The individual mandate issue and Medicaid expansion issue raise serious questions of congressional authority. Court watchers have speculated that Chief Justice Roberts, Justice Kennedy or even Justice Scalia might join the four liberal justices to uphold Congress’ authority in these areas. However, nothing in Coleman indicates any of these three conservative justices are inclined to support the broad view of congressional authority espoused by Justice Ginsberg’s dissent in that case.

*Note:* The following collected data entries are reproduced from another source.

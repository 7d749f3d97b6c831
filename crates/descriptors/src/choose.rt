// What SET_CONFIGURATION and SET_INTERFACE do (USB 2.0, 9.4.7 and 9.4.10): the entries that they mean set the details of their endpoints.
ghost use Rattle.std.specs.Prelude.{◌≡◌, ◌+◌, ◌≤◌, true, length, take, drop};
ghost use Rattle.usb.specs.Fields.{setup_of};
ghost use Rattle.descriptors.specs.Store.{stored_at};
ghost use Rattle.descriptors.specs.Chosen.{configuration_choice, interface_choice, is_meant, is_chosen, set_from, set_if, applied, count_set};

use details::Device;

// Which entries a request means: those of a configuration, of one interface or (none) of all, at an alternate setting.
#[derive(Clone, Copy)]
pub struct Choice {
    pub value: u16,
    pub interface: Option<u16>,
    pub alternate: u16,
}

// SET_CONFIGURATION: all interfaces of the configuration, at alternate setting 0.
pub fn configuration_choice(setup: u64) -> Choice
    ensures { result ≡ configuration_choice (setup_of setup) }
{
    Choice {
        value: usb::fields::value(setup),
        interface: None,
        alternate: 0,
    }
}

// SET_INTERFACE: one interface of the configuration that is chosen, at an alternate setting.
pub fn interface_choice(setup: u64, chosen: u16) -> Choice
    ensures { result ≡ interface_choice (setup_of setup) chosen }
{
    Choice {
        value: chosen,
        interface: Some(usb::fields::index(setup)),
        alternate: usb::fields::value(setup),
    }
}

fn is_meant(c: Choice, value: u8, interface: u8, alternate: u8) -> bool
    ensures { result ≡ is_meant c value interface alternate }
{
    u16::from(value) == c.value
        && c.interface.is_none_or(|i| u16::from(interface) == i)
        && u16::from(alternate) == c.alternate
}

// Whether the entry at a place is meant.
fn is_chosen(c: Choice, store: &[u8], from: usize) -> bool
    requires { from + 7 ≤ length store.now }
    ensures { result ≡ is_chosen c (take 7 (drop from store.now)) }
{
    is_meant(c, store[from], store[from + 1], store[from + 2])
}

// The details of an endpoint, by four bytes of its descriptor.
fn set_from(device: Device, address: u8, attributes: u8, low: u8, high: u8) -> Device
    ensures { result ≡ set_from address attributes low high device }
{
    let number = address % 16;
    let direction = address / 128 % 2;
    let kind = attributes % 4;
    let max = usb::fields::pair(low, high) % 2048;
    details::set_given(device, number, direction, kind, max)
}

// The details of the endpoint of the entry at a place.
fn set_entry(device: Device, store: &[u8], from: usize) -> Device
    requires { from + 7 ≤ length store.now }
    ensures { result ≡ set_if true (take 7 (drop from store.now)) device }
{
    set_from(
        device,
        store[from + 3],
        store[from + 4],
        store[from + 5],
        store[from + 6],
    )
}

// The entries of the store that are meant set the details, in their order.
pub fn apply(device: Device, choice: Choice, store: &[u8], base: usize, kept: usize) -> Device
    requires kept_bound { kept ≤ 585 }
    requires base_in_bounds { base + 4095 ≤ length store.now }
    ensures { result ≡ applied choice (stored_at base kept store.now) device }
{
    let mut d = device;
    for i in 0..kept {
        let from = base + i * 7;
        if is_chosen(choice, store, from) {
            d = set_entry(d, store, from);
        }
    }
    d
}

// How many they are.
pub fn count_set(choice: Choice, store: &[u8], base: usize, kept: usize) -> usize
    requires kept_bound { kept ≤ 585 }
    requires base_in_bounds { base + 4095 ≤ length store.now }
    ensures { result ≡ count_set choice (stored_at base kept store.now) }
{
    let mut n = 0;
    for i in 0..kept {
        if is_chosen(choice, store, base + i * 7) {
            n += 1;
        }
    }
    n
}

It is noteworthy that one week before the PPACA arguments, the conservative majority on the Court found that Congress exceeded its authority in enacting this portion of the FMLA. Justice Kennedy felt strongly enough about protecting “a State’s fiscal integrity from federal intrusion” that he reiterated his views in Hibbs while writing the majority opinion in Coleman. Justice Scalia’s separate opinion took an even more restrictive view of Congress’ authority, focusing on the specific text of the Fourteenth Amendment. Chief Justice Roberts’ vote with the majority in Coleman likewise shows a concern for limiting congressional authority to the enumerated powers in the Constitution. In particular, this may foreshadow the justices’ view concerning PPACA’s expansion of Medicaid and the burdens that may be placed on the states.

As the issues in Coleman are very different from the PPACA challenges, one cannot safely predict how these justices will address the PPACA constitutional issues. Unless the Court, under the authority of the Anti-Injunction Act, declines to decide the merits of PPACA constitutionality, we will have answers to these questions by June of this year. In all likelihood, it will be yet another 5-4 decision.